§ SUPPLIED INFORMATION:
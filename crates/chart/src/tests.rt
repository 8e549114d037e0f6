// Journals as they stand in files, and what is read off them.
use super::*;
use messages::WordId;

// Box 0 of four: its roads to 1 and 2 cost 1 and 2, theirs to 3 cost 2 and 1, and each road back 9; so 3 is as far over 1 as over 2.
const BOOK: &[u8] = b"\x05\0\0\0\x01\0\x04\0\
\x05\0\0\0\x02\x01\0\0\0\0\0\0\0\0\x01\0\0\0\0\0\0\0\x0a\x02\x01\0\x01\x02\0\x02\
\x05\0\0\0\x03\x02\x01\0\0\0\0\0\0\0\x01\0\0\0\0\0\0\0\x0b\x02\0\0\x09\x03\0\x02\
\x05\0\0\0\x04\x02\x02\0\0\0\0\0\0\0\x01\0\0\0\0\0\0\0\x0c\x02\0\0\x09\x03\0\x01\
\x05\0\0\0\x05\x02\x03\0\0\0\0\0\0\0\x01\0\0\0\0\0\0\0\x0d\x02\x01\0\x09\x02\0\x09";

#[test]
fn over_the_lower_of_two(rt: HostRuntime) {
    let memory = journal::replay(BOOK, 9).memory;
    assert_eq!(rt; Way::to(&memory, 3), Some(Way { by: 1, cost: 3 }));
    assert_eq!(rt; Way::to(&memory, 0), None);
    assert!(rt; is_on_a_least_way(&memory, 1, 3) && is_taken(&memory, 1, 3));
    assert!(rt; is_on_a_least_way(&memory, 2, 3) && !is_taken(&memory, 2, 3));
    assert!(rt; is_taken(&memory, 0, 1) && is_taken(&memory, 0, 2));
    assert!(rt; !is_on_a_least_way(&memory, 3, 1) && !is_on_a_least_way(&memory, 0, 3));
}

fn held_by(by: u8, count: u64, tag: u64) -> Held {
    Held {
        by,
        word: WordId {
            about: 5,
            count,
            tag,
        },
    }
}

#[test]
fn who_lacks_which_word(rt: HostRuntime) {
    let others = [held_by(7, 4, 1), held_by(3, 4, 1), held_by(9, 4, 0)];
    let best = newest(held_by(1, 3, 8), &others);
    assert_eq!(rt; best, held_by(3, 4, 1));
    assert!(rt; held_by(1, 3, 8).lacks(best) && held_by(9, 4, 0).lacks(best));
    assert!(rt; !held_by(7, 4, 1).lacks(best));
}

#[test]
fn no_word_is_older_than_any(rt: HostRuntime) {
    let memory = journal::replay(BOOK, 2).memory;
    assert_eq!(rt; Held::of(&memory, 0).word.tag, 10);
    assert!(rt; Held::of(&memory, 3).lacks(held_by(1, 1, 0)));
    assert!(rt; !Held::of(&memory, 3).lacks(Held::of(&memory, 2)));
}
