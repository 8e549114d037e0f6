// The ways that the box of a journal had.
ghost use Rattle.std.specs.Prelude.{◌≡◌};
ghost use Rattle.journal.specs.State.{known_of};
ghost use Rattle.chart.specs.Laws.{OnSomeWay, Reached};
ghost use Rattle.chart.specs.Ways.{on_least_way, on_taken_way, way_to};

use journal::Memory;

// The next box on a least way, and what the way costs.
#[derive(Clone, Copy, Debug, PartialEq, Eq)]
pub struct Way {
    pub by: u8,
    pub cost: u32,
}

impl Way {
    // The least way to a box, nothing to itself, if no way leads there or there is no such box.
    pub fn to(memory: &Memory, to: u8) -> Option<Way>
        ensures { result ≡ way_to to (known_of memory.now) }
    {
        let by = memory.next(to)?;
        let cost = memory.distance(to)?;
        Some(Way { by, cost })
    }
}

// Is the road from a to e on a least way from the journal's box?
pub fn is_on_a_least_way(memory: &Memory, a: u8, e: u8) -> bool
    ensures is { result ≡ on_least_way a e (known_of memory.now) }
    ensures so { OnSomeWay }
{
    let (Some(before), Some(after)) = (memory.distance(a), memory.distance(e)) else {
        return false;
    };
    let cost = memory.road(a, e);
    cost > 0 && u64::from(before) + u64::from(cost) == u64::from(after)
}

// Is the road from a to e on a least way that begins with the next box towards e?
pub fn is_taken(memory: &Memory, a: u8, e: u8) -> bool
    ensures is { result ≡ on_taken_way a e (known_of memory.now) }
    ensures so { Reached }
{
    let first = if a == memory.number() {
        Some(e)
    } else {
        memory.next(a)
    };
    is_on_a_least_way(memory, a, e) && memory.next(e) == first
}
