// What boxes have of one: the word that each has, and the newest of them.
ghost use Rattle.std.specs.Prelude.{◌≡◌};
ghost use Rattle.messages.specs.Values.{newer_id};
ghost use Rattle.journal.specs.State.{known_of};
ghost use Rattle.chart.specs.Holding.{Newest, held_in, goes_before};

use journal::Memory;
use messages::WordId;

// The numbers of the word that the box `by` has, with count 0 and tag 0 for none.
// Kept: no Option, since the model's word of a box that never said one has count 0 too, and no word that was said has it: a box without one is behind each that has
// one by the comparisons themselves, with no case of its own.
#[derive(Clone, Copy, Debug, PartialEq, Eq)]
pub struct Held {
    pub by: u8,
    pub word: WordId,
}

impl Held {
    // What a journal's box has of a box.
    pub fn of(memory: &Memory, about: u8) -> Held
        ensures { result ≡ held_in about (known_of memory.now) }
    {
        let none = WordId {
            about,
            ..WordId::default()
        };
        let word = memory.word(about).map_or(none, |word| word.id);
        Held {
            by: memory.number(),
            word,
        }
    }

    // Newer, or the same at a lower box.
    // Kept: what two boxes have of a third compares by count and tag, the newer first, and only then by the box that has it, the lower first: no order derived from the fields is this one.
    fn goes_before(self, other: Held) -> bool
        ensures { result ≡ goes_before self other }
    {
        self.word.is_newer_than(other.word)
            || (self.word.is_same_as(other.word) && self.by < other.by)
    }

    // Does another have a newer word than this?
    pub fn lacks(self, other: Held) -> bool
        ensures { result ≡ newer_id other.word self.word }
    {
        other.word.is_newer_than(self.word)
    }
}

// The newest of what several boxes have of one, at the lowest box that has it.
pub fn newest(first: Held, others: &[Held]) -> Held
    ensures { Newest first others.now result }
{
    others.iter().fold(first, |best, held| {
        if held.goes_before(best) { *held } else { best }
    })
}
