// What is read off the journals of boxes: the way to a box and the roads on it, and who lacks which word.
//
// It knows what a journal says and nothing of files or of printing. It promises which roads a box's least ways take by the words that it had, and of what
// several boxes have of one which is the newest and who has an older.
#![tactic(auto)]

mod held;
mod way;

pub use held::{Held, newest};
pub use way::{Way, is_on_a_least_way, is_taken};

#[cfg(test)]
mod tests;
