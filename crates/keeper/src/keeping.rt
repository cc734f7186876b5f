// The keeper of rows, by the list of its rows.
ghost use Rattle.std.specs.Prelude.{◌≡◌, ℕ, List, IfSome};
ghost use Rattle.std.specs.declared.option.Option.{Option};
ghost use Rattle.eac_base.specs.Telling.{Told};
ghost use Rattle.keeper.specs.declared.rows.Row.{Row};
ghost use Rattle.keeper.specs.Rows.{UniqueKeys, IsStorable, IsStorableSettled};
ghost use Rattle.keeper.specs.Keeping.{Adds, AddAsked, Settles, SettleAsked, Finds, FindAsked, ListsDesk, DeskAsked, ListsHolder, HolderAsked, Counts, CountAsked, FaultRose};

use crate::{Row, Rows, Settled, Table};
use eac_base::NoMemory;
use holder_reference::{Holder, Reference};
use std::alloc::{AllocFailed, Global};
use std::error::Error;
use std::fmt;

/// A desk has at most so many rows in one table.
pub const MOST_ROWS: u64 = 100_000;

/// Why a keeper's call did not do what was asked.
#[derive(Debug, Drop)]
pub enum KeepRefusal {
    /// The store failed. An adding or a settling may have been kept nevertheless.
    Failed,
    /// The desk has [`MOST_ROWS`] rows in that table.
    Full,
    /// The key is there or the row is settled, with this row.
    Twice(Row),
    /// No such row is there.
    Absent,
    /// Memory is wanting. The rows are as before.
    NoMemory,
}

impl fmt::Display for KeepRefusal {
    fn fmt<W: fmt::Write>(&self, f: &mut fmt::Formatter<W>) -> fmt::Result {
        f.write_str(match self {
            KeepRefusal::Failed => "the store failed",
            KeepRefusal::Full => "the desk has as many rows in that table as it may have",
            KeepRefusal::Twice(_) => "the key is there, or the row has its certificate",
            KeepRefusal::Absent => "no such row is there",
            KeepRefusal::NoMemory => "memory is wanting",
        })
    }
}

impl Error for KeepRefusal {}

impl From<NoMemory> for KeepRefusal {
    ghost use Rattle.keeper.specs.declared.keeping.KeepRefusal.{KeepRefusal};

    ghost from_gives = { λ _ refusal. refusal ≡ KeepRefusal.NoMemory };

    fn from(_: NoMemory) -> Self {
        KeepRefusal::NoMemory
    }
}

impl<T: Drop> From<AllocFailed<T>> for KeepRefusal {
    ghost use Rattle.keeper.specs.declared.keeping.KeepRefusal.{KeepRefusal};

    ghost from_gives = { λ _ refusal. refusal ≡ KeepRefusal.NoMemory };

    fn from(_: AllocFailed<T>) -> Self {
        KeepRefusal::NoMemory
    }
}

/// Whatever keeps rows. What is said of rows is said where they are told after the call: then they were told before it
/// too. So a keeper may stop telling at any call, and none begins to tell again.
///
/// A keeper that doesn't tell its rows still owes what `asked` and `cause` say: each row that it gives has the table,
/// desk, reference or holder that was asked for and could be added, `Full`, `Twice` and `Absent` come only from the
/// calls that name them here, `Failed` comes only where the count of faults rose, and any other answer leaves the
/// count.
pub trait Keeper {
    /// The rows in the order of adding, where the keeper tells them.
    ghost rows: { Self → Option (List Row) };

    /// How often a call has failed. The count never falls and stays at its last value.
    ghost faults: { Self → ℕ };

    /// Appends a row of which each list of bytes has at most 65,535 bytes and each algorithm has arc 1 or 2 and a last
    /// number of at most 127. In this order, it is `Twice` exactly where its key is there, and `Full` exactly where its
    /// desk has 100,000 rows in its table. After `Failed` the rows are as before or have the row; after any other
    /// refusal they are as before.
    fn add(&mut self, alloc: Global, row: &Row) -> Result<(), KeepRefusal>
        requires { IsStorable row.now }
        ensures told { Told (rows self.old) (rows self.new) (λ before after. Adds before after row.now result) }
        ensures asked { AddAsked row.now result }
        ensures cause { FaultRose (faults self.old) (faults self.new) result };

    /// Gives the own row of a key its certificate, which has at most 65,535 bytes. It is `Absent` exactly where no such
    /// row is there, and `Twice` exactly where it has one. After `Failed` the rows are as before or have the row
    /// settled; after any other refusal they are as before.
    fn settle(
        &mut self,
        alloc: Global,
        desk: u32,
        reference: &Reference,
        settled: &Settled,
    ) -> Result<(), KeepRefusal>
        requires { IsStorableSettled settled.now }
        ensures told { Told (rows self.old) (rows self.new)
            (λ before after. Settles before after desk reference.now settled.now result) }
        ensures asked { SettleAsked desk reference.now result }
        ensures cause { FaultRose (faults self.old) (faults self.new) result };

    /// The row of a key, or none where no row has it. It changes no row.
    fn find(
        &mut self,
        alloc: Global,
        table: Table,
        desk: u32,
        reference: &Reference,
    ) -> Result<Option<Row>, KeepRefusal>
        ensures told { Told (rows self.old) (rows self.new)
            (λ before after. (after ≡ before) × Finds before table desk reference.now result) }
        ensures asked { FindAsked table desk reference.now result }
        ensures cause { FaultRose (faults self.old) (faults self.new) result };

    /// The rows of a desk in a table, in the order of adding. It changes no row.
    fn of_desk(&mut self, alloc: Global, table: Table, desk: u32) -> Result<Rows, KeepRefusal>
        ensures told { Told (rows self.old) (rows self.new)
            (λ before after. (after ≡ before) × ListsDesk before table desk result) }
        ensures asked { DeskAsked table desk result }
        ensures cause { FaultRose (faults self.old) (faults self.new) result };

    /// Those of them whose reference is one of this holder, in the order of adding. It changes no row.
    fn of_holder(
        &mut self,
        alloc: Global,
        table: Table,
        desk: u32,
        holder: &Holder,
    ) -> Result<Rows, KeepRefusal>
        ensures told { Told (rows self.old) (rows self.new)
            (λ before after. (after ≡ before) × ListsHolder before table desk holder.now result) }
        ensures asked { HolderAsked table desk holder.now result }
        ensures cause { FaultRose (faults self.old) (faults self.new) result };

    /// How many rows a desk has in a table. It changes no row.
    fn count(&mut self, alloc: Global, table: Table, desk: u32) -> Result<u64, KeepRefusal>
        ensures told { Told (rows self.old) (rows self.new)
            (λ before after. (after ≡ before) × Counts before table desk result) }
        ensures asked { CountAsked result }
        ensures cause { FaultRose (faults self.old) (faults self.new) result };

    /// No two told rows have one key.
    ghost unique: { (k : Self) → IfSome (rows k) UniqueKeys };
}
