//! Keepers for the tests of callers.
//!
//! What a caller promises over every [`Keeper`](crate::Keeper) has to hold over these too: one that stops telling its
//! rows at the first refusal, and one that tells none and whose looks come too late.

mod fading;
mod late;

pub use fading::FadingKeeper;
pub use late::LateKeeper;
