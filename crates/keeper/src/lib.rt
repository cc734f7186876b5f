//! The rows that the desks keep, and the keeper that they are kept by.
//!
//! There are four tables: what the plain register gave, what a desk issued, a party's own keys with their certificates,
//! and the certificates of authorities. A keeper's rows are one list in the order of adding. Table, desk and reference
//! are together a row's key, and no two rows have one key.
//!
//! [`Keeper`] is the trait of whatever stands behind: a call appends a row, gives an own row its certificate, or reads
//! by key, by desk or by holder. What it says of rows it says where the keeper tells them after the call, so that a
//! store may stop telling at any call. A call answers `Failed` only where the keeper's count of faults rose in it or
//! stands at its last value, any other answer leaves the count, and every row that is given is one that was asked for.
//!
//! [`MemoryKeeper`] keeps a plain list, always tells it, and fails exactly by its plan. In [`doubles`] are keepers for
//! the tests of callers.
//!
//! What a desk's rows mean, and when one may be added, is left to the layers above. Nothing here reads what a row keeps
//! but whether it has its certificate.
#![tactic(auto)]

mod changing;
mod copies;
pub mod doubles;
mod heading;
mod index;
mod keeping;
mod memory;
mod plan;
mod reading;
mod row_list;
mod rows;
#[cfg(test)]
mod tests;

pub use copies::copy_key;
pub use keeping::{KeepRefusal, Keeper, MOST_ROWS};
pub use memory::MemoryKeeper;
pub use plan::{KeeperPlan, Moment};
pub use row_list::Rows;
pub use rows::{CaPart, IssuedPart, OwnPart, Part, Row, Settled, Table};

§ DESCRIPTION OF THE TASK:
If the word "NoMemory" is on a line above, return that line.

§ TASK ANSWER:
use eac_base::NoMemory;
    NoMemory,
            KeepRefusal::NoMemory => "memory is wanting",
impl From<NoMemory> for KeepRefusal {
    ghost from_gives = { λ _ refusal. refusal ≡ KeepRefusal.NoMemory };
    fn from(_: NoMemory) -> Self {
        KeepRefusal::NoMemory
    ghost from_gives = { λ _ refusal. refusal ≡ KeepRefusal.NoMemory };
        KeepRefusal::NoMemory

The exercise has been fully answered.